Gibbs continued to use the lot exclusively for the purposes of a barn, until 1868, when he leased the same to Irwin. Irwin sub-leased to Baldwin and Perry the southerly portion of the lot, and to James D. Hancock the northerly fifty-five feet thereof. The dam previously existing having been carried away in 1865, Hancock, in 1875, for the first time, undertook to use the water power opposite the portion of the lot occupied by him.
While Hancock was in occupation as lessee, the whole property known as the mill lot was sold under judgment of foreclosure of the Williams mortgage (which was a lien paramount to the title of Gibbs and his lessees), and at the foreclosure sale, which took place August 31, 1876, Hancock, the grantor of the plaintiff, became the purchaser of the lot in question, and it was conveyed to him by the referee by deed dated September 5, 1876, wherein it was described as "bounded on the north by lot T, on the west by Wood creek, on the south by a lot marked 228, on the east by William street, the lot hereby conveyed being fifty-five feet in length along William street, from and off the north end of said barn lot, and about thirty feet in width from Wood creek to William street."
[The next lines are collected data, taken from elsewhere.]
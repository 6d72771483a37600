//! The shares of a book, and how a book is opened and closed.

ghost use Rattle.std.specs.Prelude.{
  ◌≡◌,
  ℕ,
  ◌+◌,
  ◌<◌,
  ◌≤◌,
  [],
  ◌∷◌,
  ◌++◌,
  IfOk,
  MatchOption,
  length,
  sum,
  vec_len,
  vec_capacity,
  replicate,
};

use crate::count::{Book, Share, count_out, part_of, whole_of};
use std::alloc::{AllocError, Global};
use std::marker::Model;
use std::sync::ledger;
use std::sync::ledger::{Blank, Ledger};

/// The shares that are held now, how many there are in all, and the limit's part.
#[derive(Drop)]
pub struct Shares<N: Ledger, M: Ledger> {
    held: Vec<Share<N>>,
    made: u32,
    mark: ledger::Share<M>,
}

impl<N: Ledger, M: Ledger> Model for Shares<N, M> {
    ghost use Rattle.std.specs.Prelude.{◌≡◌, ◌<◌, ◌≤◌, vec_len, vec_capacity};
    ghost use Rattle.step_book.specs.Values.{SharesValue};

    ghost Value = { SharesValue };

    ghost view = { λ s. record { held = s.held.items; made = s.made; limit = s.mark.amount } };

    ghost invariant = { λ s. (0 < s.made) × (s.made ≤ vec_capacity s.held) × (vec_len s.held ≤ s.made)
        × (s.mark.parts ≡ 1) };
}

impl<N: Ledger, M: Ledger> Shares<N, M> {
    /// Moves the last share out. None comes exactly where none is held. It takes no memory.
    pub fn take_share(&mut self) -> Option<Share<N>>
        ensures share { MatchOption result ((self.old.held ≡ []) × (self.new.held ≡ []))
            (λ s. self.old.held ≡ self.new.held ++ s ∷ []) }
        ensures made { self.new.made ≡ self.old.made }
        ensures limit { self.new.limit ≡ self.old.limit }
    {
        self.held.pop()
    }

    /// Puts a share back at the end, where fewer are held than there are. It takes no memory.
    pub fn give_share(&mut self, share: Share<N>)
        requires { length self.old.held < self.old.made }
        ensures share { self.new.held ≡ self.old.held ++ share ∷ [] }
        ensures made { self.new.made ≡ self.old.made }
        ensures limit { self.new.limit ≡ self.old.limit }
    {
        self.held.push_reserved(share);
    }
}

impl<N: Ledger, M: Ledger> Book<N, M> {
    /// A book of no tries under a limit, and so many shares of it, at least one. It takes a blank ledger for the
    /// number, of as many parts as there are shares, and one of one part for the limit.
    pub fn new(
        alloc: Global,
        tries: Blank,
        cap: Blank,
        limit: u64,
        shares: u32,
    ) -> Result<(Book<N, M>, Shares<N, M>), AllocError>
        requires some { 0 < shares }
        requires tries { (tries.name ≡ N.name) × (tries.parts ≡ N.parts) × (tries.parts ≡ shares) }
        requires cap { (cap.name ≡ M.name) × (cap.parts ≡ M.parts) × (cap.parts ≡ 1) }
        ensures held { IfOk result (λ two. two.1.held ≡ replicate shares 0) }
        ensures made { IfOk result (λ two. two.1.made ≡ shares) }
        ensures limit { IfOk result (λ two. two.1.limit ≡ limit) }
    {
        let mut held = Vec::with_capacity(alloc, shares as usize)?;
        let (tries, mut whole) = tries.open::<N>();
        let (mut cap, mut mark) = cap.open::<M>();
        cap.add(&mut mark, limit);
        for _i in 0..shares {
            held.push_reserved(part_of(&mut whole));
        }
        let book = Book::of(count_out(tries, cap, limit));
        Ok((
            book,
            Shares {
                held,
                made: shares,
                mark,
            },
        ))
    }

    /// The number of tries, once all shares are back: it is the sum of the shares, and at most the limit. It takes no
    /// memory.
    pub fn total(self, shares: Shares<N, M>) -> u64
        requires all { length shares.held ≡ shares.made }
        requires parts { (shares.made ≡ N.parts) × (M.parts ≡ 1) }
        ensures sum { result ≡ sum shares.held }
        ensures limit { result ≤ shares.limit }
    {
        let Shares {
            mut held,
            made: _,
            mut mark,
        } = shares;
        let Some(first) = held.pop() else {
            unreachable!();
        };
        let mut all = whole_of(first);
        while let Some(share) = held.pop() {
            all.merge(whole_of(share));
        }
        self.into_count().last(&mut all, &mut mark)
    }
}
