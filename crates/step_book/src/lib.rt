//! A book that counts the tries of several workers against one limit.
#![tactic(auto)]

mod count;
mod shares;

pub use count::{Book, Count, Draw, Share};
pub use shares::Shares;

#[cfg(test)]
mod tests;
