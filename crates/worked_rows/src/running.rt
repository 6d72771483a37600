//! The runs of the two programs.

use crate::row::Row;
use crate::shelves::shelf_of;
use deepening::Kept;
use gl_outside::{Files, MemoryShelf, MemorySink, Shelf};
use goeland_run::{Status, run_alone};
use gs3_run::{CheckStatus, check_run};
use std::alloc::{AllocError, Global};

/// What a run wrote, and how it ended.
#[derive(Drop)]
pub(crate) struct Ran {
    pub(crate) written: Vec<u8>,
    pub(crate) ended: String,
}

/// What the checker says of a proof of the problem.
fn checked(alloc: Global, problem: Vec<u8>, proof: &[u8]) -> Result<CheckStatus, AllocError> {
    let mut words = Vec::new(alloc);
    words.push(String::from_str(alloc, "problem")?)?;
    words.push(String::from_str(alloc, "proof")?)?;
    let mut files = Files::new(alloc);
    files.add(String::from_str(alloc, "problem")?, problem)?;
    files.add(
        String::from_str(alloc, "proof")?,
        Vec::from_slice(alloc, proof)?,
    )?;
    let mut shelf = MemoryShelf::new(files);
    let mut out = MemorySink::new(alloc, 100)?;
    Ok(check_run(alloc, words.as_slice(), &mut shelf, &mut out))
}

/// How a run of the prover ended that wrote this, and what the checker says of a proof of the standard input.
fn ending(
    alloc: Global,
    status: Status,
    shelf: &mut MemoryShelf,
    written: &[u8],
) -> Result<String, AllocError> {
    let problem = match shelf.fetch(alloc, "-", u64::MAX) {
        Ok(problem) if status == Status::Proved => problem,
        _ => return format!(in alloc; "{status:?}"),
    };
    let answer = checked(alloc, problem, written)?;
    format!(in alloc; "{status:?}, and gs3check says {answer:?}")
}

/// Runs the prover.
fn run_prover(
    alloc: Global,
    words: &[String],
    shelf: &mut MemoryShelf,
    room: usize,
) -> Result<Ran, AllocError> {
    let mut out = MemorySink::new(alloc, room)?;
    let mut kept = Kept::new(alloc);
    let status = run_alone(alloc, words, shelf, &mut out, &mut kept);
    Ok(Ran {
        written: Vec::from_slice(alloc, out.bytes())?,
        ended: ending(alloc, status, shelf, out.bytes())?,
    })
}

/// Runs the checker.
fn run_checker(
    alloc: Global,
    words: &[String],
    shelf: &mut MemoryShelf,
    room: usize,
) -> Result<Ran, AllocError> {
    let mut out = MemorySink::new(alloc, room)?;
    let status = check_run(alloc, words, shelf, &mut out);
    Ok(Ran {
        written: Vec::from_slice(alloc, out.bytes())?,
        ended: format!(in alloc; "{status:?}")?,
    })
}

/// Runs the line's program, on files of the folder.
pub(crate) fn run_row<S: Shelf>(
    alloc: Global,
    folder: &mut S,
    row: &Row,
) -> Result<Ran, AllocError> {
    let mut shelf = shelf_of(alloc, folder, row)?;
    match row.words.as_slice() {
        [program, words @ ..] if program.as_str() == "gs3check" => run_checker(
            alloc, words, &mut shelf, row.room,
        ),
        [_, words @ ..] => run_prover(alloc, words, &mut shelf, row.room),
        [] => run_prover(alloc, &[], &mut shelf, row.room),
    }
}
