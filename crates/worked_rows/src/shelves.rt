//! The files that a run can read.

use crate::row::Row;
use gl_outside::{FetchError, Files, MemoryShelf, Shelf};
use std::alloc::{AllocError, Global};

/// The most bytes of a file.
const MOST: u64 = 1 << 30;

/// So many blanks, if the name asks for them.
fn blanks(alloc: Global, name: &str) -> Result<Option<Vec<u8>>, AllocError> {
    let Some(number) = name.strip_prefix("blanks.") else {
        return Ok(None);
    };
    let count: usize = number.parse().unwrap_or(0);
    Ok(Some(vec![in alloc; b' '; count]?))
}

/// The bytes of a file of the folder, or None where there is no such file.
fn bytes_of<S: Shelf>(
    alloc: Global,
    folder: &mut S,
    name: &str,
) -> Result<Option<Vec<u8>>, AllocError> {
    if let Some(bytes) = blanks(alloc, name)? {
        return Ok(Some(bytes));
    }
    match folder.fetch(alloc, name, MOST) {
        Ok(bytes) => Ok(Some(bytes)),
        Err(FetchError::OutOfMemory) => Err(AllocError),
        Err(_) => Ok(None),
    }
}

/// Adds the bytes of a file of the folder under that name, if there is such a file.
fn add<S: Shelf>(
    alloc: Global,
    folder: &mut S,
    files: &mut Files,
    file: &str,
    name: &str,
) -> Result<(), AllocError> {
    match bytes_of(alloc, folder, file)? {
        Some(bytes) => files.add(String::from_str(alloc, name)?, bytes),
        None => Ok(()),
    }
}

/// The standard input and the files that the words name.
pub(crate) fn shelf_of<S: Shelf>(
    alloc: Global,
    folder: &mut S,
    row: &Row,
) -> Result<MemoryShelf, AllocError> {
    let mut files = Files::new(alloc);
    if let Some(input) = &row.input {
        add(alloc, folder, &mut files, input.as_str(), "-")?;
    }
    for word in row.words.iter().skip(1) {
        if word.as_str() != "-" {
            add(alloc, folder, &mut files, word.as_str(), word.as_str())?;
        }
    }
    Ok(MemoryShelf::new(files))
}
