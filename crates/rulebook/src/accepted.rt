// Document 01, "The book": the terms that an opening accepts.
ghost use Rattle.std.specs.Prelude.{◌≡◌, ◌+◌, cond, Some, None};
ghost use Rattle.rulebook.specs.Terms.{change_fits, terms_fit, InTerms};

use crate::Terms;
use crate::units::{EARLIEST_FIRST_DAY, LAST_DAY, MOST_ACCOUNTS, MOST_HORIZON, MOST_LAG};
use std::marker::Model;

// X is 0, for never, or 9,497 to 36,524.
fn change_fits(x: usize) -> bool
    ensures { result ≡ change_fits x }
{
    (x == 0) | ((EARLIEST_FIRST_DAY <= x) & (x <= LAST_DAY))
}

// N is 1 to 32, L 1 to 75, H 1 to 92, F 9,497 to 36,524, and X.
fn terms_fit(terms: Terms) -> bool
    ensures { result ≡ terms_fit terms }
{
    (1 <= terms.accounts)
        & (terms.accounts <= MOST_ACCOUNTS)
        & (1 <= terms.lag)
        & (terms.lag <= MOST_LAG)
        & (1 <= terms.horizon)
        & (terms.horizon <= MOST_HORIZON)
        & (EARLIEST_FIRST_DAY <= terms.first)
        & (terms.first <= LAST_DAY)
        & change_fits(terms.change)
}

// Terms that an opening accepts.
#[derive(Clone, Copy)]
pub struct AcceptedTerms {
    terms: Terms,
}

impl Model for AcceptedTerms {
    ghost use Rattle.rulebook.specs.declared.Terms.{Terms};
    ghost use Rattle.rulebook.specs.Terms.{InTerms};

    ghost Value = { Terms };

    ghost view = { λ a. a.terms };

    ghost invariant = { λ a. InTerms a.terms };

    ghost inverse = { λ o. record { terms = o } };
}

impl AcceptedTerms {
    // The terms, if an opening accepts them.
    pub fn new(terms: Terms) -> Option<AcceptedTerms>
        ensures { result ≡ cond (terms_fit terms) (Some terms) None }
    {
        if terms_fit(terms) {
            Some(AcceptedTerms { terms })
        } else {
            None
        }
    }

    // As they were given.
    pub fn get(&self) -> Terms
        ensures same { result ≡ self.now }
        ensures accepted { InTerms self.now }
    {
        self.terms
    }

    // How many slots a book has, one a day from L back to H ahead.
    pub fn ring(&self) -> usize
        ensures { result ≡ self.now.lag + self.now.horizon }
    {
        self.terms.lag + self.terms.horizon
    }
}
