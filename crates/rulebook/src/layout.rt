// Document 01, "The book": where each word stands. The code has these places and widths from here alone; `specs/Layout` has them in one table.
ghost use Rattle.std.specs.Prelude.{◌≡◌, ◌≤◌};
ghost use Rattle.rulebook.specs.Shares.{most_accounts};
ghost use Rattle.rulebook.specs.Layout.{balance_word, cell_place, interval_length, slot_length};

use crate::units::INTERVALS;

// The header's words, to 63.
pub const MARK: usize = 0;

pub const ACCOUNTS: usize = 1;

pub const LAG: usize = 2;

pub const HORIZON: usize = 3;

pub const FIRST_DAY: usize = 4;

pub const NEXT_DAY: usize = 5;

pub const MSSL: usize = 6;

pub const CHANGE_DAY: usize = 7;

// The running sum of the rounding differences (document 02, P5).
pub const DIFFERENCES: usize = 8;

pub const HEADER_SPARES: usize = 9;

pub const HEADER_WORDS: usize = 64;

// Word 0 of every book.
pub const BOOK_MARK: usize = 395;

// An account's balance and its seven zeros.
pub const BALANCE_WORDS: usize = 8;

pub const BALANCE_SPARES: usize = 7;

// An interval's own words, before those of each account.
pub const NCC_LOAD: usize = 0;

pub const NCC_FLAG: usize = 1;

pub const FIRST_NCC_SPARE: usize = 2;

pub const SECOND_NCC_SPARE: usize = 3;

pub const INTERVAL_WORDS: usize = 4;

// An account's words at an interval, its cell: the flag of each row, then its figures. Those of tender or facility t stand 2t words after the
// first, as TVQ + 2 * t.
pub const VESTING_FLAG: usize = 0;

pub const BVQ: usize = 1;

pub const BVP: usize = 2;

pub const TVQ: usize = 3;

pub const TVP: usize = 4;

pub const METER_FLAG: usize = 9;

pub const MEP: usize = 10;

pub const IEQ: usize = 11;

pub const RESIDUAL_FLAG: usize = 18;

pub const UEGQ: usize = 19;

pub const MQ: usize = 20;

pub const RVP1: usize = 21;

pub const RVP2: usize = 22;

pub const ACCOUNT_SPARE: usize = 23;

pub const ACCOUNT_WORDS: usize = 24;

// The words of a row at an interval: its flag and all its figures.
pub const VESTING_WORDS: usize = 9;

pub const METER_WORDS: usize = 9;

pub const RESIDUAL_WORDS: usize = 5;

pub const NCC_WORDS: usize = 2;

// The word of account a's balance: 64 + 8a. After n accounts the slots start.
// Of a number, and not of AcceptedTerms: intervals and slots, which hold no terms, ask too.
pub fn balance_word(a: usize) -> usize
    requires { a ≤ most_accounts }
    ensures { result ≡ balance_word a }
{
    HEADER_WORDS + BALANCE_WORDS * a
}

// Where account a's cell starts in its interval: 4 + 24a.
pub fn cell_place(a: usize) -> usize
    requires { a ≤ most_accounts }
    ensures { result ≡ cell_place a }
{
    INTERVAL_WORDS + ACCOUNT_WORDS * a
}

// The words of an interval of n accounts: 4 + 24n.
pub fn interval_length(n: usize) -> usize
    requires { n ≤ most_accounts }
    ensures { result ≡ interval_length n }
{
    cell_place(n)
}

// The words of a slot of n accounts.
pub fn slot_length(n: usize) -> usize
    requires { n ≤ most_accounts }
    ensures { result ≡ slot_length n }
{
    INTERVALS * interval_length(n)
}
At the same sale (at which Hancock was present) and before he purchased the lot, other parts of the mortgaged premises, together with "all the waters and land under the water of Wood creek," within the boundaries of the old mill lot, including the land under water and the waters in front of the barn lot, were sold by the referee to parties other than Hancock, but the referee in this action finds that Hancock, at the time of his purchase and of receiving his deed, did not know of this prior sale of the waters in question.
In view of the location and physical condition of the property, its history, and the definite specification of the dimensions of the plot conveyed to Hancock, we think it quite clear that the intention was to convey only the strip of upland, thirty feet wide, lying between the edge of the creek bank and William street, and that the description was not intended to include any part of the waters of Wood creek or any water rights therein. ( Higenbotham v. Stoddard, 72 N.Y. 94.)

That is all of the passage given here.